Suwa Nejiko, born in 1920, first made headlines in January 1931, when the Asahi newspaper reported: "A Violin Girl Prodigy Appears: The Little Girl from Mejiro Who Astonished Zimbalist." Little Nejiko had her first lessons at age three with Nakajima Tazuruko (1904-?), one of Ono Anna’s first pupils, before being taught by Ono herself. She introduced Nejiko to Zimbalist during his second Asian tour in 1930 and she impressed him by her performance of the Mendelssohn Violin Concerto. Zimbalist recommended study abroad and offered his help, but for the time being she remained in Japan. She did change teachers though, and studied with another Russian, Alexander Mogilevsky (1885-1953). She gave her debut recital with Mogilevsky’s wife Nadezhda Nikolaevna Duchess von Leuchtenberg de Beauharnais at the piano. It so happened, that the French violinist Renée Chemet was in Tokyo on tour; she heard the recital and was as impressed as Zimbalist.

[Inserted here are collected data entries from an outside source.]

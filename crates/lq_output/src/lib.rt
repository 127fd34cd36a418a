//! The bodies of replies in the formats csv, CSV and json, and what stands before a body.
#![tactic(auto)]

mod cell;
mod error;
mod fields;
mod header;
mod json_text;
mod layout;
mod lines;
mod marks;
mod number;
mod plain;
mod writer;

pub use error::WriteErr;
pub use header::{fixed16, refusal};
pub use lines::LineTexts;
pub use writer::{BODY_LIMIT, Writer};
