ghost use Rattle.std.specs.Prelude.{◌≡◌};
ghost use Rattle.lq_request.specs.Filters.{excludes_time, filter_test, is_slice_time};
ghost use Rattle.lq_request.specs.Filters.{patterns_with, test_of, test_words};
ghost use Rattle.lq_request.specs.Headers.{with_join_value, with_negation, with_test_value};
ghost use Rattle.lq_request.specs.Reading.{Finds, Leaves};

use crate::header::Draft;
use crate::header_err::HeaderErr;
use crate::number::number_value;
use crate::reason::Reason;
use crate::words::{split_word, without_end, without_front};
use lq_filter::{Test, TestErr};
use lq_records::Text;
use lq_schema::{Col, OwnColumn, Prefix, SliceColumn, Table, column};
use std::alloc::Global;
use std::marker::Model;

/// The most patterns that a query may have. The next one is refused.
const MOST_PATTERNS: usize = 16;

/// The words of a test: a column's name, an operator and what the cell is compared with.
#[derive(Drop)]
struct TestWords<'a> {
    column: &'a str,
    operator: &'a str,
    operand: &'a str,
}

impl<'a> Model for TestWords<'a> {
    ghost use Rattle.lq_request.specs.Filters.{TestWords};

    ghost Value = { TestWords };

    ghost view = { λ words. record {
      column = words.column.now;
      operator = words.operator.now;
      operand = words.operand.now;
    } };
}

impl<'a> TestWords<'a> {
    /// The words of a value. One that isn't there is empty.
    fn of(value: &'a str) -> Self
        ensures { result ≡ test_words value.now }
    {
        let (column, rest) = split_word(without_front(value));
        let (operator, operand) = split_word(rest);
        TestWords {
            column,
            operator,
            operand,
        }
    }

    /// The test that the words of a `Filter` line say on a table, whose header has this name. The
    /// time of a history can't be excluded by `!=`.
    fn filter(&self, alloc: Global, table: Table, name: &str) -> Result<Test, HeaderErr>
        ensures { Finds result (filter_test table name.now self.now) }
    {
        if self.excludes_time(table) {
            return Err(HeaderErr::Refused(Reason::NotAllowed(Text::new(alloc, self.column)?)));
        }
        self.test(alloc, table, name)
    }

    /// Whether they want the time of a history to be another one.
    fn excludes_time(&self, table: Table) -> bool
        ensures { result ≡ excludes_time table self.now }
    {
        self.operator == "!=" && is_slice_time(column(table, self.column))
    }

    /// The test that the words of the header with this name say on a table.
    fn test(&self, alloc: Global, table: Table, name: &str) -> Result<Test, HeaderErr>
        ensures { Finds result (test_of table name.now self.now) }
    {
        if self.operator.is_empty() {
            return Err(HeaderErr::Refused(Reason::BadValue(Text::new(alloc, name)?)));
        }
        let Some(column) = column(table, self.column) else {
            return Err(HeaderErr::Refused(Reason::UnknownColumn(Text::new(alloc, self.column)?)));
        };
        let reason = match Test::read(alloc, column, self.operator, self.operand) {
            Ok(test) => return Ok(test),
            Err(TestErr::Operator) => Reason::UnknownOperator(Text::new(alloc, self.operator)?),
            Err(TestErr::NotAllowed) => Reason::NotAllowed(Text::new(alloc, self.column)?),
            Err(TestErr::NotNumber) => {
                Reason::NotNumber(Text::new(alloc, without_end(self.operand))?)
            }
            Err(TestErr::BadPattern) => Reason::BadPattern,
            Err(TestErr::Memory) => return Err(HeaderErr::Memory),
        };
        Err(HeaderErr::Refused(reason))
    }
}

/// The test that the value of a header says on a table.
pub fn test_value(alloc: Global, table: Table, name: &str, value: &str) -> Result<Test, HeaderErr>
    ensures { Finds result (test_of table name.now (test_words value.now)) }
{
    TestWords::of(value).test(alloc, table, name)
}

/// Whether a column is the time of a slice of a history.
fn is_slice_time(column: Option<Col>) -> bool
    ensures { result ≡ is_slice_time column }
{
    matches!(
        column,
        Some(Col {
            prefix: Prefix::Own,
            own: OwnColumn::Slice(SliceColumn::Time),
        })
    )
}

/// How many patterns a query has with one more test.
pub fn patterns_with(patterns: usize, test: &Test) -> Result<usize, HeaderErr>
    ensures { Finds result (patterns_with patterns test.now) }
{
    if !test.has_pattern() {
        return Ok(patterns);
    }
    if patterns < MOST_PATTERNS {
        Ok(patterns + 1)
    } else {
        Err(HeaderErr::Refused(Reason::TooManyPatterns))
    }
}

impl Draft {
    /// Adds the test of a `Filter` line.
    pub(crate) fn add_test(
        &mut self,
        alloc: Global,
        name: &str,
        value: &str,
    ) -> Result<(), HeaderErr>
        ensures { Leaves result self.new (with_test_value name.now value.now self.old) }
    {
        let test = TestWords::of(value).filter(alloc, self.request.table, name)?;
        self.patterns = patterns_with(self.patterns, &test)?;
        self.filters.push(alloc, test)?;
        Ok(())
    }

    /// Joins the last filters: where `any`, one of them is enough, else all have to hold.
    pub(crate) fn join(
        &mut self,
        alloc: Global,
        name: &str,
        any: bool,
        value: &str,
    ) -> Result<(), HeaderErr>
        ensures { Leaves result self.new (with_join_value name.now any value.now self.old) }
    {
        let count = number_value(alloc, name, value)?;
        self.filters.join(alloc, name, any, count)
    }

    /// Makes the last filter its opposite.
    pub(crate) fn negate(&mut self, alloc: Global, name: &str) -> Result<(), HeaderErr>
        ensures { Leaves result self.new (with_negation name.now self.old) }
    {
        self.filters.negate(alloc, name)
    }
}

But while Nejiko went from strength to strength on the violin, her family life was troubled. Moreover, her parents’ marital problems spilled over into her studies, when Mogilevsky – obviously a strong believer in a stable home environment for budding virtuosos – refused to teach her unless her parents made it up. At this point Suzuki Shin’ichi, Mogilevsky’s student and colleague at the Imperial Academy, took over, both as her violin teacher and supporter for her mother, whom he helped set up home independently with Nejiko. After over a year Mogilevsky agreed to teach her again, but less than two years later, in January 1936, she left Japan. You can see a picture of her leaving and being seen of by the conductor Konoe (or Konoye) Hidemaro here. Type in the photo number (Photos de la violoniste japonaise Nejiko Suwa, 1936-1942. - 2 photos - Photo n° 166015 - I tried to insert a direct ling to the photo, but I couldn’t get it to work). The Belgian consul, who had heard her debut recital, had arranged for her to study in Brussels with Émile Chaumont (1878-1942), a professor at the conservatoire. Suwa Nejiko remained with him until January 1938, when she moved to Paris to study with Boris Kamensky (1870-1949). On 15 May 1939, she gave her European debut in the Salle de Chopin in Paris. Less than four months later, Germany attacked Poland, and WW2 began in Europe (Japan was already at war in China, having invaded China in 1937).
Most Japanese left Paris, but Suwa insisted on staying and continued with her studies, even when the Germans occupied Paris in 1940. Indeed, it was the war that launched Suwa’s career. Japan and Germany concluded the Anit-Comintern Pact in 1936 and, with Italy, the Tripartite Pact in 1940, so the two countries were allies, and the Japanese representatives in Paris and Berlin found it useful to promote the alliance through what we now call "cultural diplomacy" and "soft power." With their support Suwa gave concerts first in France and then in Germany, where the "violinist from the land of the cherry blossoms" received high praise. She played for German troops under the auspices of the Red Cross many times, and it was this that earned her the highest imaginable honour at the time, and at the same time one that must have weighed heavily on her in later years.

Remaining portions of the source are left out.